### [Exercise goal]
Reproduce the top of the data verbatim, through and including the line that contains "to this state.".

(Saved data entries)
★ ★ ★

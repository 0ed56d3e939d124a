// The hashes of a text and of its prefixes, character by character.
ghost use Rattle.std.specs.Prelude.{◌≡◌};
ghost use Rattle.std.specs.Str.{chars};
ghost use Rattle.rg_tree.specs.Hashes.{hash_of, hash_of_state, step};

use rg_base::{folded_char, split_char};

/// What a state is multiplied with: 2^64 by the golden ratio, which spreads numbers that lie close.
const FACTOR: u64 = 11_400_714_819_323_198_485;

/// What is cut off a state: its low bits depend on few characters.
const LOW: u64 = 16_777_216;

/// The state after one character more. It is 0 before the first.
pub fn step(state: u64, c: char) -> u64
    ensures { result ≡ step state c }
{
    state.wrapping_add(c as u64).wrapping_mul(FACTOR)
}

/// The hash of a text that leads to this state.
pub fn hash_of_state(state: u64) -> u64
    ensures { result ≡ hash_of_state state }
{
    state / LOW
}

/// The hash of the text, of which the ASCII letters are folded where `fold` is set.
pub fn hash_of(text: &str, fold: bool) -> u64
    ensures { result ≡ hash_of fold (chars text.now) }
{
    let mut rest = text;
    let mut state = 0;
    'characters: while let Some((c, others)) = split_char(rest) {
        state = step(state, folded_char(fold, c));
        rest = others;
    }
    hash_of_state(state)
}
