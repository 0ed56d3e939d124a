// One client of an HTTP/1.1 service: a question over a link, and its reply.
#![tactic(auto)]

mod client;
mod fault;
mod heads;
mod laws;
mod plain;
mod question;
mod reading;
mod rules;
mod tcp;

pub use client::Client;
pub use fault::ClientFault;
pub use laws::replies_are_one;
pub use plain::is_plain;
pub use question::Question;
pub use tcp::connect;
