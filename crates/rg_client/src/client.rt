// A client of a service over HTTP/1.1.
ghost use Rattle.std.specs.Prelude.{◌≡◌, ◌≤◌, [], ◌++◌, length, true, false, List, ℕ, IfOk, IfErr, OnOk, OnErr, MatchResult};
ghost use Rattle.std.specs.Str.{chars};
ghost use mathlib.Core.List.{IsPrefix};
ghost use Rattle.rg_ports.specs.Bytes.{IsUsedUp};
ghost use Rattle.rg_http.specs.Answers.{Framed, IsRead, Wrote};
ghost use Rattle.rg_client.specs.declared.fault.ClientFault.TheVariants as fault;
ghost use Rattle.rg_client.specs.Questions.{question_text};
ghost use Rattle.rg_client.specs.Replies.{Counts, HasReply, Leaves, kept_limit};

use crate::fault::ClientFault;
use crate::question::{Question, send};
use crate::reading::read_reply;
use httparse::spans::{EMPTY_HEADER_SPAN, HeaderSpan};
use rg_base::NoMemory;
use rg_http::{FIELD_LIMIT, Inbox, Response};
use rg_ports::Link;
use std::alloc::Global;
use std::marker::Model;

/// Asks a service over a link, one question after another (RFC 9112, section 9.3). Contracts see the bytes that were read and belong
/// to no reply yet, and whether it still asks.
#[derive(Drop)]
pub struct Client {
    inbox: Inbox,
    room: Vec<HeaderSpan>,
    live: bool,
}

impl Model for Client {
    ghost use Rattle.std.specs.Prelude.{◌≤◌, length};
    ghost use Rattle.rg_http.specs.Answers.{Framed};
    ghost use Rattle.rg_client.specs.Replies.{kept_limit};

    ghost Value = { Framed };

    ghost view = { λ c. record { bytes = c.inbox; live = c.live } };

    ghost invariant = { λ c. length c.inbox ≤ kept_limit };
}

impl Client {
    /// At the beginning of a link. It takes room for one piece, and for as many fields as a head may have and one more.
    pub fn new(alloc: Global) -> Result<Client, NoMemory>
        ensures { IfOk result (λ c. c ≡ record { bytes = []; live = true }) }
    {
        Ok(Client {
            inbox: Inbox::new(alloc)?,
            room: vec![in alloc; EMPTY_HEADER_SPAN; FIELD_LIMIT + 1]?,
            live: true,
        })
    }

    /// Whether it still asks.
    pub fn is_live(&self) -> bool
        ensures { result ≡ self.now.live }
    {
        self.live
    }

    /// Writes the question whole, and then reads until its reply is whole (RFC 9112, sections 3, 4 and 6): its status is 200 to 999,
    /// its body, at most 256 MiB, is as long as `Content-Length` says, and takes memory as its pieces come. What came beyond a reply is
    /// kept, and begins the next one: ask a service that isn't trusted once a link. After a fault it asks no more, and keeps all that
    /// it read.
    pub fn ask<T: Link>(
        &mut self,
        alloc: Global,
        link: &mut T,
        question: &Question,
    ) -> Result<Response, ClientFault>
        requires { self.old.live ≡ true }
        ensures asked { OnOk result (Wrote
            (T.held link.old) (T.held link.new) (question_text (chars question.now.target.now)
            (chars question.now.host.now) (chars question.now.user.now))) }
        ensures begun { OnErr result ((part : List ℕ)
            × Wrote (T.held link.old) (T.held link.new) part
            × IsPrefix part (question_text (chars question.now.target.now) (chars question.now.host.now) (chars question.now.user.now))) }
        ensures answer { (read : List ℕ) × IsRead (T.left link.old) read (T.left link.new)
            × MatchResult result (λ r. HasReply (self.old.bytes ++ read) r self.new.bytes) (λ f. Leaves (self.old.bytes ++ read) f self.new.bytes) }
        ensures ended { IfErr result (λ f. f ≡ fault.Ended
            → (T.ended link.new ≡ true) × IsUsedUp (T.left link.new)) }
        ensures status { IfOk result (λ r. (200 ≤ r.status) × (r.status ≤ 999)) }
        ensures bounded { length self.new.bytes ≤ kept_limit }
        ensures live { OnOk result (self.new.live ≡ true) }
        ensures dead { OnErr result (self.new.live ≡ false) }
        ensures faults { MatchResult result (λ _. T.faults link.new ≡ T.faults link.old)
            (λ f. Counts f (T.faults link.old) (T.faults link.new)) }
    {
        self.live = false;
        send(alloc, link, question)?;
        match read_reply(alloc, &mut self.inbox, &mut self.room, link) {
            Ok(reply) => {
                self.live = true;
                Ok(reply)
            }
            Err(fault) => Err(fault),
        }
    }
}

★ ★ ★

### [Solution to the exercise]
repository 0ed56d3e939d124a
// The hashes of a text and of its prefixes, character by character.
ghost use Rattle.std.specs.Prelude.{◌≡◌};
ghost use Rattle.std.specs.Str.{chars};
ghost use Rattle.rg_tree.specs.Hashes.{hash_of, hash_of_state, step};

use rg_base::{folded_char, split_char};

/// What a state is multiplied with: 2^64 by the golden ratio, which spreads numbers that lie close.
const FACTOR: u64 = 11_400_714_819_323_198_485;

/// What is cut off a state: its low bits depend on few characters.
const LOW: u64 = 16_777_216;

/// The state after one character more. It is 0 before the first.
pub fn step(state: u64, c: char) -> u64
    ensures { result ≡ step state c }
{
    state.wrapping_add(c as u64).wrapping_mul(FACTOR)
}

/// The hash of a text that leads to this state.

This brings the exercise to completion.